Senior Data Scientist @ QuickSign
  • Deep learning
  • Image processing
  • Document analysis & understanding (classification, OCR, NLP)

Publication

A structural signature based on texture for digitized historical book page categorization

1L3I Laboratory, University of La Rochelle, av M. Crépeau, 17042 La Rochelle Cedex 1, France
2Normandie Université, LITIS EA 4108, University of Rouen, 76801, Saint-Etienne du Rouvray, France

Abstract :

The work conducted in this article presents a structural signature based on texture for the characterization and categorization of digitized historical book pages. The proposed signature does not assume a priori knowledge regarding page layout and content, and hence, it is applicable to a large variety of ancient books. By integrating varying low-level features (e.g. texture) characterizing the different page components (i.e. different text fonts or graphic regions) on the one hand, and structural information describing the page layout on the other hand, the proposed signature provides a rich and holistic description of the layout and content of the analyzed book pages.

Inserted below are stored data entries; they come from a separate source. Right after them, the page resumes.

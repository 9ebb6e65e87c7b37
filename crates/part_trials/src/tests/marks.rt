// Versions and marks, as rows change, are reported and are marked anew at installs.
use mail_base::{EpochId, MapRow, Name, Names, NodeNo, UserMap};
use map_rebuild::Reports;
use std::alloc::Global;
use std::test::Fail;

// A map of one bucket, which this node manages.
fn map_of(alloc: Global, manager: NodeNo) -> Option<UserMap> {
    let mut rows = Vec::new(alloc);
    let Ok(()) = rows.push(MapRow::new(manager, EpochId::new(1, 1))) else {
        return None;
    };
    Some(UserMap::from_rows(rows))
}

// Whether just these two are named, in this order.
fn are_two(names: &Names, first: &Name, second: &Name) -> bool {
    match names.as_slice() {
        [a, b] => *a == *first && *b == *second,
        _ => false,
    }
}

fn two_names(alloc: Global, first: &Name, second: &Name) -> Option<Names> {
    let mut names = Names::new(alloc);
    let (Ok(first), Ok(second)) = (first.copy(), second.copy()) else {
        return None;
    };
    let (Ok(()), Ok(())) = (names.push(first), names.push(second)) else {
        return None;
    };
    Some(names)
}

#[test]
fn a_round_clears_a_mark(rt: HostRuntime) -> Result<(), Fail> {
    let (Ok(ann), Ok(bob)) = (
        Name::read(rt.alloc(), b"ann"),
        Name::read(rt.alloc(), b"bob"),
    ) else {
        panic!(rt; "no names");
    };
    let (Some(one), Some(two)) = (NodeNo::new(1), NodeNo::new(2)) else {
        panic!(rt; "no nodes");
    };
    let Some(map) = map_of(rt.alloc(), two) else {
        panic!(rt; "out of memory");
    };
    let mut reports = Reports::new(rt.alloc());
    assert!(rt; reports.is_clear());
    assert!(rt; !reports.is_due(&map, two));
    assert!(rt; reports.mark_user(&bob) == Ok(1));
    assert!(rt; reports.mark_user(&ann) == Ok(1));
    assert!(rt; reports.mark_user(&bob) == Ok(2));
    assert!(rt; reports.version(&bob) == 2);
    let Ok(due) = reports.due(&map, two, 5) else {
        panic!(rt; "out of memory");
    };
    assert!(rt; are_two(&due, &ann, &bob));
    let Ok(first) = reports.due(&map, two, 1) else {
        panic!(rt; "out of memory");
    };
    assert!(rt; first.len() == 1);
    let Ok(none) = reports.due(&map, one, 5) else {
        panic!(rt; "out of memory");
    };
    assert!(rt; none.is_empty());
    assert!(rt; reports.is_due(&map, two));
    assert!(rt; !reports.is_due(&map, one));
    assert!(rt; !reports.report_acknowledged(&bob, 1));
    assert!(rt; reports.report_acknowledged(&bob, 2));
    assert!(rt; !reports.report_acknowledged(&bob, 2));
    assert!(rt; reports.is_due(&map, two));
    reports.told(&ann);
    assert!(rt; !reports.is_due(&map, two));
    assert!(rt; reports.is_clear());
    assert!(rt; reports.version(&ann) == 1);
    Ok(())
}

// Two users, their manager, and a map that says so.
#[derive(Drop)]
struct Town {
    ann: Name,
    bob: Name,
    both: Names,
    map: UserMap,
    manager: NodeNo,
}

fn make_town(alloc: Global) -> Option<Town> {
    let (Ok(ann), Ok(bob)) = (Name::read(alloc, b"ann"), Name::read(alloc, b"bob")) else {
        return None;
    };
    let both = two_names(alloc, &ann, &bob)?;
    let manager = NodeNo::new(2)?;
    let map = map_of(alloc, manager)?;
    Some(Town {
        ann,
        bob,
        both,
        map,
        manager,
    })
}

fn change(reports: &mut Reports, user: &Name) -> Option<()> {
    if reports.version(user) > 8 {
        return None;
    }
    match reports.mark_user(user) {
        Ok(_) => Some(()),
        Err(_) => None,
    }
}

fn mark(reports: &mut Reports, users: &[Name], count: u64) -> Option<()> {
    match reports.mark_bucket(users, EpochId::new(count, 1)) {
        Ok(()) => Some(()),
        Err(_) => None,
    }
}

// Acknowledges the user's row as it is.
fn acknowledge(reports: &mut Reports, user: &Name) {
    let version = reports.version(user);
    reports.report_acknowledged(user, version);
}

// A small letter changes the user's row, a capital acknowledges it, and `t` tells that of ann. A digit is an install: 4 and 5
// mark both users for the epoch of that count, and 6 marks nobody.
fn play(alloc: Global, reports: &mut Reports, town: &Town, letter: u8) -> Option<()> {
    match letter {
        b'a' => change(reports, &town.ann)?,
        b'b' => change(reports, &town.bob)?,
        b'A' => acknowledge(reports, &town.ann),
        b'B' => acknowledge(reports, &town.bob),
        b't' => reports.told(&town.ann),
        b'4' => mark(reports, town.both.as_slice(), 4)?,
        b'5' => mark(reports, town.both.as_slice(), 5)?,
        _ => mark(reports, Names::new(alloc).as_slice(), 6)?,
    }
    Some(())
}

fn digit(number: u64) -> u8 {
    match number {
        0 => b'0',
        1 => b'1',
        2 => b'2',
        _ => b'+',
    }
}

// Which of both users are marked, 0 to 3, then the versions of ann and bob, and how many marks the last install made.
fn state(reports: &Reports, town: &Town) -> Option<[u8; 4]> {
    let Ok(due) = reports.due(&town.map, town.manager, 2) else {
        return None;
    };
    let marks = match due.as_slice() {
        [] => b'0',
        [one] => { if *one == town.ann { b'1' } else { b'2' } }
        _ => b'3',
    };
    let ann = digit(reports.version(&town.ann));
    let bob = digit(reports.version(&town.bob));
    Some([marks, ann, bob, digit(reports.marked_at_install())])
}

// Whether these letters lead to this state.
fn leads(alloc: Global, letters: &[u8], wanted: [u8; 4]) -> Option<bool> {
    let town = make_town(alloc)?;
    let mut reports = Reports::new(alloc);
    for letter in letters {
        play(alloc, &mut reports, &town, *letter)?;
    }
    Some(state(&reports, &town)? == wanted)
}

#[test]
fn two_installs_mark(rt: HostRuntime) -> Result<(), Fail> {
    let alloc = rt.alloc();
    // the first install marks whom no change had marked, and raises no version
    assert!(rt; leads(alloc, b"b4", *b"3011") == Some(true));
    // a second call of the same install counts on
    assert!(rt; leads(alloc, b"b4A4", *b"3012") == Some(true));
    // the second install counts anew, and marks only those who were cleared
    assert!(rt; leads(alloc, b"4B5", *b"3001") == Some(true));
    assert!(rt; leads(alloc, b"4AB5", *b"3002") == Some(true));
    assert!(rt; leads(alloc, b"45", *b"3000") == Some(true));
    // marks stay where it marks nobody
    assert!(rt; leads(alloc, b"4A6", *b"2000") == Some(true));
    // versions go on through both installs, and whoever is told is not marked
    assert!(rt; leads(alloc, b"a4Ba5t", *b"2201") == Some(true));
    Ok(())
}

More precisely, the signature-based characterization approach consists of two stages. The first stage is extracting automatically homogeneous regions. Then, the second one is proposing a graph-based page signature, which is based on the extracted homogeneous regions, reflecting its layout and content. This signature ensures the implementation of numerous applications for managing effectively a corpus or collections of books (e.g. information retrieval in digital libraries according to several criteria or page categorization). To illustrate the effectiveness of the proposed page signature, a detailed experimental evaluation has been conducted in this article for assessing two possible categorization applications, unsupervised page classification and page stream segmentation.